NOTE 7 – SUBSEQUENT EVENTS

 

On February 11th, 2021, the company increased their Authorized share count to 3 Billion shares to accommodate for the issuance of the post-split amounts.

 

During the first quarter of 2021, the Company issued 2,250,000,000 common shares to acquire the assets and liabilities of RCK Development LLC (“RCK”) in a merger agreement. Additionally, the Company issued 125,000,000 common shares to settle 100% of the outstanding debt of the prior Director.

 

On May 26th, 2021, the Board of Directors of the Company adopted an Amendment to its Articles changing the name of the Corporation to Community Redevelopment Corp., the Company additionally Amended its Articles to effectuate a 100:1 Reverse Stock Split; and on August 3rd, 2021, FINRA gave final approval for these corporate actions, which become effective August 4th, 2021.

 

SENIOR SECURED CONVERTIBLE PROMISSORY NOTE

 

On April 8, 2021, Community Redevelopment as “Crosswind Renewable Energy Corp.” executed a Senior Secured Convertible Promissory Note of Five Hundred Fifty-Five Thousand Five Hundred Fifty-Five Dollars and Fifty-Six Cents ($555,555.56) with Leonite Capital, LLC., a Delaware limited liability company.

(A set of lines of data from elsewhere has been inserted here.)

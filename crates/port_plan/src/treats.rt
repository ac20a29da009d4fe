//! The treatments of a table, compiled, by the numbers of their entries.
ghost use Rattle.std.specs.Prelude.{◌≡◌, ◌≤◌, ◌<◌, ℕ, List, true, false, length, vec_capacity};
ghost use Rattle.std.specs.Option.{option_map_or};
ghost use Rattle.vlan_rule.specs.Table.{table_max_size};
ghost use Rattle.vlan_rule.specs.declared.settings.TableSettings.{TableSettings};
ghost use Rattle.rule_index.specs.Filters.{tags_in};
ghost use Rattle.rule_index.specs.Followed.{IsOneMore, IsTaken, IsTreated};
ghost use Rattle.treatment.specs.Compiled.{asks_dscp};
ghost use Rattle.port_plan.specs.CompiledTable.{AreTreats, KeepsNone, KeepsSome, NoneAsks, SomeAsks};

use rule_index::Index;
use treatment::Treat;
use vlan_rule::{Filter, RuleTable, TableSettings};

/// Compiles the treatment of each entry, in the order of rank and place, and says whether one of them asks for the DSCP of a frame.
pub(crate) fn compile_treats(
    treats: &mut Vec<Option<Treat>>,
    index: &Index,
    settings: &TableSettings,
    rules: &RuleTable,
) -> bool
    requires room { table_max_size ≤ vec_capacity treats.old }
    requires index { index.now ≡ rules.now }
    ensures room { vec_capacity treats.new ≡ vec_capacity treats.old }
    ensures treats { AreTreats settings.now rules.now treats.new.items }
    ensures none { result ≡ false → NoneAsks treats.new.items }
    ensures some { result ≡ true → SomeAsks treats.new.items }
{
    let mut asked = false;
    treats.clear();
    for number in 0..rules.len() as u8 {
        let Some(place) = index.order(number) else {
            return asked;
        };
        let Some(rule) = rules.rule(place) else {
            return asked;
        };
        let treat = Treat::of(&rule.treatment, settings, tags_in(&rule.filter));
        asked |= asks(&treat);
        treats.push_reserved(treat);
    }
    asked
}

/// Compiles the treatment of one entry again, where the others are as before, and says whether a treatment asks for the DSCP of a
/// frame, if it is told so of those before.
pub(crate) fn compile_treat(
    treats: &mut Vec<Option<Treat>>,
    asked: bool,
    number: u8,
    index: &Index,
    settings: &TableSettings,
    rules: &RuleTable,
) -> bool
    requires { IsTaken index.now rules.now number }
    ensures treats { (entries : List (List ℕ)) → IsTreated entries index.now number
        → AreTreats settings.now entries treats.old.items
        → AreTreats settings.now index.now treats.new.items }
    ensures room { vec_capacity treats.new ≡ vec_capacity treats.old }
    ensures none { KeepsNone asked result treats.old.items treats.new.items }
    ensures some { KeepsSome asked result treats.old.items treats.new.items }
{
    let Some(place) = index.order(number) else {
        return asked;
    };
    let Some(rule) = rules.rule(place) else {
        return asked;
    };
    let treat = Treat::of(&rule.treatment, settings, tags_in(&rule.filter));
    let asks = asks(&treat);
    let Some(kept) = treats.get_mut(usize::from(number)) else {
        return asked;
    };
    *kept = treat;
    still_asks(asks, asked, treats)
}

/// Compiles the treatment of an entry that was added, and moves those of the entries behind it by one place. It says whether a
/// treatment asks for the DSCP of a frame, if it is told so of those before.
pub(crate) fn insert_treat(
    treats: &mut Vec<Option<Treat>>,
    asked: bool,
    number: u8,
    index: &Index,
    settings: &TableSettings,
    rules: &RuleTable,
) -> bool
    requires taken { IsTaken index.now rules.now number }
    requires room { table_max_size ≤ vec_capacity treats.old }
    requires space { length treats.old.items < table_max_size }
    ensures treats { (entries : List (List ℕ)) (place : ℕ)
        → IsOneMore entries index.now place number → AreTreats settings.now entries treats.old.items
        → AreTreats settings.now index.now treats.new.items }
    ensures room { table_max_size ≤ vec_capacity treats.new }
    ensures none { KeepsNone asked result treats.old.items treats.new.items }
    ensures some { KeepsSome asked result treats.old.items treats.new.items }
{
    let at = usize::from(number);
    if treats.len() < at {
        return asked;
    }
    let Some(place) = index.order(number) else {
        return asked;
    };
    let Some(rule) = rules.rule(place) else {
        return asked;
    };
    let treat = Treat::of(&rule.treatment, settings, tags_in(&rule.filter));
    let asks = asks(&treat);
    let _ = treats.insert(at, treat);
    asked || asks
}

/// Lets the treatment of an entry go that was deleted, and moves those of the entries behind it by one place. It says whether a
/// treatment asks for the DSCP of a frame, if it is told so of those before.
pub(crate) fn remove_treat(treats: &mut Vec<Option<Treat>>, asked: bool, number: u8) -> bool
    ensures treats { (settings : TableSettings) (old new : List (List ℕ)) (place : ℕ)
        → IsOneMore new old place number → AreTreats settings old treats.old.items
        → AreTreats settings new treats.new.items }
    ensures room { vec_capacity treats.new ≡ vec_capacity treats.old }
    ensures none { KeepsNone asked result treats.old.items treats.new.items }
    ensures some { KeepsSome asked result treats.old.items treats.new.items }
{
    let at = usize::from(number);
    if treats.len() <= at {
        return asked;
    }
    let _ = treats.remove(at);
    still_asks(false, asked, treats)
}

/// Whether some treatment asks for the DSCP of a frame, where one that was compiled again does or doesn't, and some treatment did
/// before or none.
fn still_asks(asks: bool, asked: bool, treats: &[Option<Treat>]) -> bool
    ensures none { (asks ≡ false → asked ≡ false → NoneAsks treats.now) → result ≡ false
        → NoneAsks treats.now }
    ensures some { (asks ≡ true → SomeAsks treats.now) → result ≡ true → SomeAsks treats.now }
{
    asks || asked && any_asks(treats)
}

/// Whether some treatment asks for the DSCP of a frame.
fn any_asks(treats: &[Option<Treat>]) -> bool
    ensures none { result ≡ false → NoneAsks treats.now }
    ensures some { result ≡ true → SomeAsks treats.now }
{
    for treat in treats {
        if let Some(treat) = treat
            && treat.uses_dscp()
        {
            return true;
        }
    }
    false
}

/// Whether a treatment asks for the DSCP of a frame.
fn asks(treat: &Option<Treat>) -> bool
    ensures { result ≡ option_map_or asks_dscp treat.now false }
{
    match treat {
        Some(treat) => treat.uses_dscp(),
        None => false,
    }
}

/// The number of tags that a filter asks for.
fn tags_in(filter: &Filter) -> usize
    ensures value { result ≡ tags_in filter.now }
    ensures two { result ≤ 2 }
{
    match filter {
        Filter::NoTag => 0,
        Filter::OneTagDefault | Filter::OneTag(_) => 1,
        Filter::TwoTagDefault | Filter::TwoTag { .. } => 2,
    }
}
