//! Why a run wrote nothing, or not all.
ghost use Rattle.std.specs.Prelude.{◌≡◌};
ghost use Rattle.run_capture.specs.Fault.{number_of_fault, status_of_fault};

use capture::CaptureFault;
use run_settings::{BATCH_LIMIT, LANE_LIMIT};
use thiserror::Error;

/// The words say these limits.
const _: () = prove!(LANE_LIMIT == 16 && BATCH_LIMIT == 65_536);

/// Why a run didn't write its lines. Of the first four it is the one that stands first here; they are found whether or not there
/// is memory.
#[derive(Clone, Copy, Debug, PartialEq, Eq, Error)]
pub enum RunFault {
    /// There aren't 1 to 16 lanes, or a batch hasn't 1 to 65,536 frames.
    #[error("wrong settings, expected 1 to 16 lanes and batches of 1 to 65536 frames")]
    Settings,
    /// The trace's line of this number, from 1, is the first that is bad or a frame.
    #[error("line {0} of the trace is bad")]
    BadTrace(u64),
    /// The file is no capture.
    #[error("the capture can't be read: {0}")]
    Capture(CaptureFault),
    /// The caller couldn't list the frames.
    #[error("the frames can't be listed")]
    Unlisted,
    /// There is no memory for the run or for its lines.
    #[error("no memory")]
    NoMemory,
    /// A lane got no place, couldn't enter, or didn't hold at the end what was published. Or 2^32 frames or more are listed.
    #[error("refused")]
    Refused,
    /// A sum of the counts passes 64 bits.
    #[error("a counter passes 64 bits")]
    CountFull,
    /// A write failed, or took no byte. A front of the lines is written.
    #[error("write failed")]
    Write,
}

impl RunFault {
    /// The number under which the fault is reported.
    pub fn code(self) -> u8
        ensures { result ≡ number_of_fault self }
    {
        match self {
            RunFault::Settings => 1,
            RunFault::BadTrace(_) => 2,
            RunFault::Capture(_) => 3,
            RunFault::NoMemory => 4,
            RunFault::Refused => 5,
            RunFault::CountFull => 6,
            RunFault::Write => 7,
            RunFault::Unlisted => 8,
        }
    }

    /// The status with which the program ends: 2 for a bad trace line or for frames that can't be read, else 1.
    pub fn status(self) -> u8
        ensures { result ≡ status_of_fault self }
    {
        match self {
            RunFault::BadTrace(_) | RunFault::Capture(_) | RunFault::Unlisted => 2,
            RunFault::Settings
            | RunFault::NoMemory
            | RunFault::Refused
            | RunFault::CountFull
            | RunFault::Write => 1,
        }
    }
}
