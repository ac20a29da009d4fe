//! The lines of a text, and what a line of a script asks for, which `specs/Line.antt` defines. No call takes memory: what a line
//! spells is put into a buffer of the caller.
#![tactic(auto)]

pub mod line;
mod number;
pub mod reading;
mod text;

pub use line::{Line, Parts};
pub use number::{read_decimal, read_port};
pub use reading::{
    LINE_LIMIT, MOST_SPELLED, Numbered, read_bytes, read_line, read_numbered, split_line,
};
pub use text::first_line;
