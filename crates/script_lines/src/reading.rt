//! A line of a script, read.
ghost use Rattle.std.specs.Prelude.{◌≡◌, ◌≤◌, ◌+◌, ◌*◌, ◌==◌, IfSome, length, option_map, position};
ghost use Rattle.std.specs.Option.{option_and_then};
ghost use Rattle.script_lines.specs.Line.{asked_by, content_of, frame_asked_by, letter_asked_by, line_limit, spelled_bytes};
ghost use Rattle.script_lines.specs.Line.{Frame};
ghost use Rattle.script_lines.specs.Shown.{AreDigitsWithin, IsSpelledWithin, asked_in, frame_in, shown};

use crate::line::{Line, Parts};
use crate::number::read_port;
use script_digits::read_digits;

/// The most bytes that a line may have, without its line feed.
pub const LINE_LIMIT: usize = 20_000;

/// The most bytes that the digits of a line can spell.
pub const MOST_SPELLED: usize = LINE_LIMIT / 2;

/// A number in front of the bytes of a frame, which lie in the buffer that they were read into.
#[derive(Clone, Copy)]
pub struct Numbered<'a> {
    /// The number of a port, or of a GEM port.
    pub number: u16,
    /// The bytes of the frame.
    pub bytes: &'a [u8],
}

/// The bytes that hexadecimal digits of either case spell, put into the buffer, or None where they are no digits or an odd number of
/// them.
pub fn read_bytes<'a>(digits: &[u8], buffer: &'a mut [u8]) -> Option<&'a [u8]>
    requires { length digits.now ≤ 2 * length buffer.old }
    ensures bytes { option_map (λ (bytes : _). bytes.now) result ≡ spelled_bytes digits.now }
    ensures within { IfSome result (λ bytes. 2 * length bytes.now ≤ length digits.now) }
{
    let bytes = &mut buffer[..digits.len() / 2];
    if !read_digits(digits, bytes) {
        return None;
    }
    Some(bytes)
}

/// Where the first space stands.
fn space_in(parts: &[u8]) -> Option<usize>
    ensures { result ≡ position (λ b. b == 32) parts.now }
{
    parts.iter().position(|byte| *byte == b' ')
}

/// A number of 16 bits in one to five decimal digits, and what stands behind the first space; None where there is no such number.
fn split_numbered(parts: &[u8]) -> Option<(u16, &[u8])>
    ensures asked { option_and_then (λ (frame : _). frame_in frame.0 frame.1.now) result
        ≡ frame_asked_by parts.now }
    ensures within { IfSome result (λ frame. length frame.1.now + 2 ≤ length parts.now) }
{
    let space = space_in(parts)?;
    let number = read_port(parts.split_at(space).0)?;
    Some((number, parts.split_at(space + 1).1))
}

/// A number of 16 bits in one to five decimal digits, and behind the first space the digits of a frame; None where they are
/// anything else.
pub fn read_numbered<'a>(parts: &[u8], buffer: &'a mut [u8]) -> Option<Numbered<'a>>
    requires { length parts.now ≤ 2 * length buffer.old }
    ensures asked { option_map (λ (frame : _). Frame frame.number frame.bytes.now) result
        ≡ frame_asked_by parts.now }
    ensures within { IfSome result (λ frame. 2 * length frame.bytes.now + 2 ≤ length parts.now) }
{
    let (number, digits) = split_numbered(parts)?;
    let bytes = read_bytes(digits, buffer)?;
    Some(Numbered { number, bytes })
}

/// The parts of a line that is neither empty nor a comment.
fn split_asked(content: &[u8]) -> Option<Parts<'_>>
    ensures asked { option_and_then asked_in result ≡ letter_asked_by content.now }
    ensures within { IfSome result (AreDigitsWithin (length content.now)) }
{
    if let Some(digits) = content.strip_prefix(b"o ") {
        return Some(Parts::Message(digits));
    }
    let (port, digits) = split_numbered(content.strip_prefix(b"f ")?)?;
    Some(Parts::Frame(port, digits))
}

/// The parts of a line without the CR at its end.
fn split_content(content: &[u8]) -> Option<Parts<'_>>
    ensures asked { option_and_then asked_in result ≡ content_of content.now }
    ensures within { IfSome result (AreDigitsWithin (length content.now)) }
{
    if content.is_empty() || content.starts_with(b"#") {
        return Some(Parts::Nothing);
    }
    split_asked(content)
}

/// The parts of a line, as [`read_line`] reads it, but for its digits, at which it doesn't look: a line whose digits spell no bytes
/// is bad too. None where it is bad for another reason.
#[tactic(auto, unfolding(crate::specs::Line::asked_by))]
pub fn split_line(line: &[u8]) -> Option<Parts<'_>>
    ensures asked { option_and_then asked_in result ≡ asked_by line.now }
    ensures within { IfSome result (AreDigitsWithin (length line.now)) }
    ensures short { IfSome result (λ _. length line.now ≤ line_limit) }
{
    if line.len() > LINE_LIMIT {
        return None;
    }
    split_content(line.strip_suffix(b"\r").unwrap_or(line))
}

/// What a line of a script asks for, without its line feed, or None where it is bad. A line is
/// empty, a comment that begins with `#`, a message `o HEX` or a frame `f PORT HEX`, HEX being an
/// even number of hexadecimal digits of either case, or none, and PORT one to five decimal digits,
/// at most 65535. One CR at its end is dropped. Every other line is bad, and so is one of over
/// 20,000 bytes, the CR among them. The bytes that it spells are put into the buffer; what else
/// that holds is left open.
pub fn read_line<'a>(line: &[u8], buffer: &'a mut [u8; 10_000]) -> Option<Line<'a>>
    ensures asked { option_map shown result ≡ asked_by line.now }
    ensures within { IfSome result (IsSpelledWithin (length line.now)) }
{
    match split_line(line)? {
        Parts::Message(digits) => Some(Line::Message(read_bytes(digits, buffer)?)),
        Parts::Frame(port, digits) => Some(Line::Frame(port, read_bytes(digits, buffer)?)),
        Parts::Nothing => Some(Line::Nothing),
    }
}
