// The program `annex-remote-dir`: a directory as a special remote of git-annex. It talks to a host over its standard input and output.
// https://git-annex.branchable.com/design/external_special_remote_protocol/
#![tactic(auto)]

mod following;
mod laws;
mod polled;
mod serving;

ghost use Rattle.std.specs.Prelude.{◌≡◌, vec_len, IfOk};

use crate::polled::PolledInput;
use crate::serving::{Moment, Seat, serve};
use ann_key::NoMemory;
use ann_os::remote_words::{Wish, print, read_wish};
use ann_os::{OsClock, OsDesk, OsDesks, OsErrors, OsOutput};
use ann_outside::{Clock, Desks};
use dir_remote::guard::OsPlace;
use kit_async::BoundedEnd;
use std::io::BufWriter;
use std::process::ExitCode;
use std::rt::Env;
use std::{env, process};

const HELP: &[u8] = b"\
annex-remote-dir: a directory as a special remote of git-annex

A host starts it without words and talks to it over its standard input and output.
Its one setting is `directory`, the folder in which the contents of keys are kept. The setup
makes it, leaves a small file .annex-remote-dir in it, and has the host keep its whole path.
Where the folder is missing or empty, its disk may not be mounted: then each request fails,
and nothing is made.
It says that a content is stored when it is on the disk. Where the environment has
ANNEX_REMOTE_DIR_SYNC=0 it doesn't wait for the disk: it is faster, and a loss of power may
take what was stored last.
";

const VERSION: &[u8] = b"annex-remote-dir 0.1.0\n";

const USAGE: &[u8] = b"annex-remote-dir: usage\n";

// Whether a store waits for the disk.
fn waits<R: Env + AllocGlobal>(rt: &R) -> bool {
    match env::var(rt, "ANNEX_REMOTE_DIR_SYNC") {
        Ok(value) => value.as_str() != "0",
        Err(_) => true,
    }
}

// A remote's own folders and files, of the desks' number.
fn seat<'a>(
    rt: &'a HostRuntime,
    desks: &mut OsDesks<&'a HostRuntime>,
    number: u32,
) -> Result<Seat<OsPlace<&'a HostRuntime>, OsDesk<&'a HostRuntime>>, NoMemory> {
    let place = OsPlace::new(rt, waits(rt));
    let desk = desks.desk(number)?;
    Ok(Seat { place, desk })
}

// Four, so that so many requests are worked on at the same time.
fn seats(
    rt: &HostRuntime,
) -> Result<Vec<Seat<OsPlace<&HostRuntime>, OsDesk<&HostRuntime>>>, NoMemory>
    ensures { IfOk result (λ seats. vec_len seats ≡ 4) }
{
    let desks = if waits(rt) {
        OsDesks::new(rt)
    } else {
        OsDesks::unsynced(rt)
    };
    let mut desks = desks.without_folders();
    let mut seats = Vec::with_capacity(rt.alloc(), 4)?;
    seats.push_reserved(seat(rt, &mut desks, 1)?);
    seats.push_reserved(seat(rt, &mut desks, 2)?);
    seats.push_reserved(seat(rt, &mut desks, 3)?);
    seats.push_reserved(seat(rt, &mut desks, 4)?);
    Ok(seats)
}

// No other process of this machine has both.
fn moment(rt: &HostRuntime) -> Moment {
    Moment {
        process: process::id(rt.process()),
        micros: OsClock::new(rt).now(),
    }
}

fn status<K, S, W>(end: &Result<BoundedEnd<K, S, W>, NoMemory>) -> u8 {
    match end {
        Ok(end) => end.status,
        Err(NoMemory) => 7,
    }
}

fn main(rt: HostRuntime) -> ExitCode {
    let status = match read_wish(&rt) {
        None => 7,
        Some(Wish::Help) => print(&mut OsOutput::new(rt.stdout()), HELP, 0),
        Some(Wish::Version) => print(&mut OsOutput::new(rt.stdout()), VERSION, 0),
        Some(Wish::Refused) => print(&mut OsErrors::new(rt.stderr()), USAGE, 2),
        // A line goes out with its end, in one write.
        Some(Wish::Serve) => match (seats(&rt), BufWriter::new(rt.alloc(), rt.stdout())) {
            (Ok(seats), Ok(lines)) => {
                let input = PolledInput::new(rt.stdin());
                let output = OsOutput::new(lines);
                let end = serve(&rt, rt.alloc(), moment(&rt), seats, input, output);
                let status = status(&end);
                drop(end);
                status
            }
            _ => 7,
        },
    };
    ExitCode::from(status)
}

The Note is for one year, secured, bears 10% interest and prior to the maturity date of the Note, the Company at its option has the right to redeem in cash any amounts outstanding. Should the Fund wish to convert this debt into equity, the conversion price shall be sixty-five percent of the lowest Intraday price during the previous 21 days. Pursuant to the Agreements, the Company has earmarked the net proceeds for immediate cash infusion for normative working capital purposes and capital expenditures. Leonite Capital has agreed that neither it nor any of its affiliates shall engage in any short-selling or hedging of the Company’s Common Stock during any time. Additional funds may be secured by the Company as needed on an ongoing basis for expenses until it can be financially self-sufficient.

 

BINDING LETTER OF INTENT TO ACQUIRE MEMBERSHIP INTEREST

  

On July 9th, 2021, the Company executed a binding letter of intent with Red Hills Capital Advisors, LLC to acquire six properties which are comprised of retail, multifamily and mixed-user development projects in the Washington D.C. metropolitan area. This acquisition aligns strongly with our investment criteria that consists of quality, well positioned real estate in markets with robust growth and demographics, anchored by strong tenants. The Washington D.C. metropolitan area remains strong as a result of increased government spending. The addition of these properties not only forms the foundation of Community Redevelopment Inc., holdings, but they are also located in a market that is thriving and generating robust job growth and has significant demand for housing. It is anticipated that the definitive agreements will be signed by next quarter.